DIMACS - Graduate Student Combinatorics Seminar


Title: Evasive Boolean Functions (and Evasive Graphs)

Speaker: Patrick Devlin, Rutgers University

Date: Wednesday, October 28, 2015 12:10pm

Location: Graduate Student Lounge, 7th Floor, Hill Center, Rutgers University, Busch Campus, Piscataway, NJ


Abstract:

Gollum draws a graph on the ground, and he declares "we thinks of a set of vertices. Does it haves any edgeses?". Bilbo is allowed to ask about vertices one by one via questions of the form "is THIS vertex in your set?", and Gollum answers tricksily (adversarially). Bilbo wins if he manages to answer Gollum's riddle without having to ask about literally every single vertex of the graph.

In the subsequent dialog, Tolkien explores for which graphs Gollum has a winning strategy and calls such graphs "evasive" (otherwise, non-evasive). Following Tolkien's original manuscripts, in this talk we discuss the question of which graphs are evasive, how to test evasiveness, and a striking conjecture that is either extremely interesting or extremely false. We settle the question completely for trees, cycles, and a few other graph families.

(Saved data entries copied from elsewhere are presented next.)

//! Answers what sessions ask of the engine: by a worker that has a pass of its own, or with a pass that is borrowed for
//! each request.
//!
//! A pass is the capability to make one worker's steps, so there are as many requests under way as there are passes. A
//! [`Worker`] keeps its pass as long as it serves. A [`Borrower`] has none: for each request of its session it borrows
//! one from a pool, so that many sessions share few passes. It keeps a note of what its session has seen, and the pass
//! that it borrows learns from the note before the request. So a value, a YES and a NO are right at a place in the
//! tenant's history that is no earlier than what the session has seen, whichever passes it borrows.
//!
//! A [`PassPool`] counts its passes that are in use, and the requests that waited for one.
//!
//! Each reply of a [`Borrower`] comes with the token of its request, from the source that goes with the pass. No two
//! borrowers have one token ([`TokenTable`]), so no two are told the reply to one request. A borrower serves one session at a time.
//!
//! `specs/Served` says what a worker answers, `specs/Borrowed` what a borrower answers, `specs/OwnReplies` that each reply is to a
//! request of its borrower's own, and `specs/SessionOrder` that its replies come in order.
//!
//! - *What a contract says*: each reply is right in its tenant's history, or has its evidence (`answered`).
//!   [`Worker::run`] says it of a session.
//! - *Proved*: a session's replies are in order, whichever passes it borrows ([`replies_are_in_order`]).
//! - *Tested only*: tickets of passes, that reads use the passes for reads and changes the others, notes on failed
//!   files (`scripts/check-crowd`), counts and times.
//!
//! Used by: mw_programs; mw_law_threads has laws about it. `wrong-bodies` edits some bodies.
#![tactic(auto)]

mod borrower;
mod idle_pass;
mod laws;
mod locked_passes;
mod pass_pool;
mod read_pool;
mod request_tokens;
mod served;
mod token_rule;
mod token_views;
mod worker;

pub use borrower::Borrower;
pub use idle_pass::IdlePass;
pub use laws::replies_are_in_order;
pub use pass_pool::PassPool;
pub use read_pool::ReadPool;
pub use request_tokens::{NewTokenTable, TokenBrand, TokenTable};
pub use worker::Worker;
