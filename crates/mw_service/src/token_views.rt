//! Ghost types of what a thread has at the table of request tokens. Proofs use them; the program makes no value of them.
//!
//! Used by: `token_rule`, `request_tokens`. `specs/RequestTokens` says when they are right: change it with a field.

use std::collections::LinkedList;

/// The right to the reply to one request. One session has it at a time.
pub struct RequestToken {
    /// The worker that served the request.
    pub worker: u8,
    /// How many requests had come to this worker before, since the shared words were made.
    pub number: u64,
}

/// The right to give out the tokens of one worker's next requests.
pub struct WorkerSource {
    /// The worker.
    pub worker: u8,
    /// The number of its next request.
    pub next: u64,
}

/// What a thread has.
pub struct TokenView {
    /// The source of a worker's tokens, if the thread has one.
    pub source: Option<WorkerSource>,
    /// The tokens of the requests that the thread was answered, in order.
    pub tokens: LinkedList<RequestToken>,
}
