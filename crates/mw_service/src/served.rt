//! Implements a session's service for a worker: finds tenants, asks the engine for jobs, and gives the report's
//! figures.
//!
//! mw_session calls it for the lines of a session, which `worker` runs. A new question needs a call here and in
//! `Service` of mw_session.
use crate::worker::Worker;
use mw_disk::Disk;
use mw_engine::{EngineBrand, Hold};
use mw_report::Figures;
use mw_session::{FaultWatch, Service};
use mw_words::{Job, Name, Reply};
use std::sync::Wait;

impl<J: EngineBrand, D: Disk + Drop, H: Hold + Drop, R: Wait, T: FaultWatch> Service
    for Worker<'_, J, D, H, R, T> {
    ghost use Rattle.mw_engine.specs.Identity.{HasWords};
    ghost use Rattle.mw_service.specs.Served.{Answers};

    ghost answered = { λ old call new. Answers J.identity old.pass call new.pass };

    ghost has_words = { λ _. HasWords J.identity.lines };

    fn find(&self, name: &Name) -> Option<(u8, u16)> {
        self.engine.find(name)
    }

    fn ask(&mut self, tenant: u8, job: &Job) -> Reply {
        let reply = self.engine.serve(self.rt, &mut self.pass, tenant, job);
        if let Reply::Fault = reply {
            self.watch.fault(tenant);
        }
        reply
    }

    fn figures(&mut self) -> Figures {
        self.engine.figures(&mut self.pass)
    }
}
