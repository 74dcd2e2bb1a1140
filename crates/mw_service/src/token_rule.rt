//! Gives the rule of request tokens as a type that `atomic_table` takes, and the ways in which tokens are given out and
//! collected.
//!
//! Used by: `request_tokens`. Change it with `specs/RequestTokens`.

use crate::token_views::TokenView;
use atomic_table::{Join, Play, Split, TableRule};
use std::marker::{Brand, PhantomData};

/// The rule: no two threads have one token.
pub struct TokenRule;

impl TableRule<u8, TokenView, ()> for TokenRule {
    ghost use Rattle.mw_service.specs.RequestTokens.{AreOwn, no_tokens};

    ghost holds = { λ _. AreOwn };

    ghost first = { λ _. no_tokens };
}

/// A thread comes that has no token.
pub(crate) struct Comes;

impl Play<u8, TokenView> for Comes {
    ghost use Rattle.mw_service.specs.RequestTokens.{came};

    ghost then = { came };
}

/// From which number on a source gives out tokens.
pub(crate) trait FirstNumber {
    ghost use Rattle.std.specs.Prelude.{ℕ};

    ghost first: { ℕ };
}

impl FirstNumber for Brand {
    ghost first = { 0 };
}

/// A thread takes the source of a worker's tokens, if nobody has taken it.
pub(crate) struct TakesSource<N>(PhantomData<N>);

impl<N: FirstNumber> Play<u8, TokenView> for TakesSource<N> {
    ghost use Rattle.mw_service.specs.RequestTokens.{took_source};

    ghost then = { took_source N.first };
}

/// A source gives out the token of its worker's next request.
pub(crate) struct GivesToken;

impl Split<TokenView> for GivesToken {
    ghost use Rattle.mw_service.specs.RequestTokens.{after_next, with_next};

    ghost left = { after_next };

    ghost right = { with_next };
}

/// A thread adds tokens to its own.
pub(crate) struct AddsTokens;

impl Join<TokenView> for AddsTokens {
    ghost use Rattle.mw_service.specs.RequestTokens.{no_tokens, with_more};

    ghost both = { with_more };

    ghost spent = { no_tokens };
}
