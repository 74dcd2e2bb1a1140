//! The law that the replies of a session which borrows its passes come in order: the contract of an empty function.
//!
//! Nothing calls it. Change it with `specs/SessionOrder`, `specs/Borrowed` and `specs/OwnReplies`.
ghost use Rattle.std.specs.Prelude.{List, Option};
ghost use Rattle.mw_session.specs.Talk.{Call};
ghost use Rattle.mw_session.specs.Transitions.{GoesThrough};
ghost use Rattle.mw_engine.specs.Brand.{Identity};
ghost use Rattle.mw_engine.specs.FromBelow.{Note};
ghost use Rattle.mw_service.specs.Borrowed.{AnswersWith};
ghost use Rattle.mw_service.specs.OwnReplies.{AnswersOwn, Kept};
ghost use Rattle.mw_service.specs.SessionOrder.{AreInOrder, seen_in};

/// Whichever passes a session borrows, its replies are right in one history of each tenant, in order: each at a place
/// that is no earlier than what the session had seen before it. The change of each YES is its own. That history is what
/// the session has seen at last.
///
/// - `replies`: this holds of all answers that keep to the session's note of what it has seen (`AnswersWith`).
/// - `notes`: the answers of a [`Borrower`](crate::Borrower) keep to its note. They also have tokens of requests
///   (`AnswersOwn`).
pub fn replies_are_in_order()
    ensures replies { (identity : Identity) (calls : List Call) (old new : Option Note) → GoesThrough (AnswersWith identity) old calls new → AreInOrder identity (seen_in new) (seen_in old) calls }
    ensures notes { (identity : Identity) (calls : List Call) (old new : Kept) → GoesThrough (AnswersOwn identity) old calls new → GoesThrough (AnswersWith identity) old.note calls new.note }
{}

Time permitting, we will show connections between this question and the larger framework of more general boolean functions [about which multiple very interesting results have been proven (mostly via neat topological ideas)].

**Note: The speaker is willing to offer anyone one (1) ring of power for a positive proof of the main conjecture or four (4) cakes of lembas bread for a counterexample.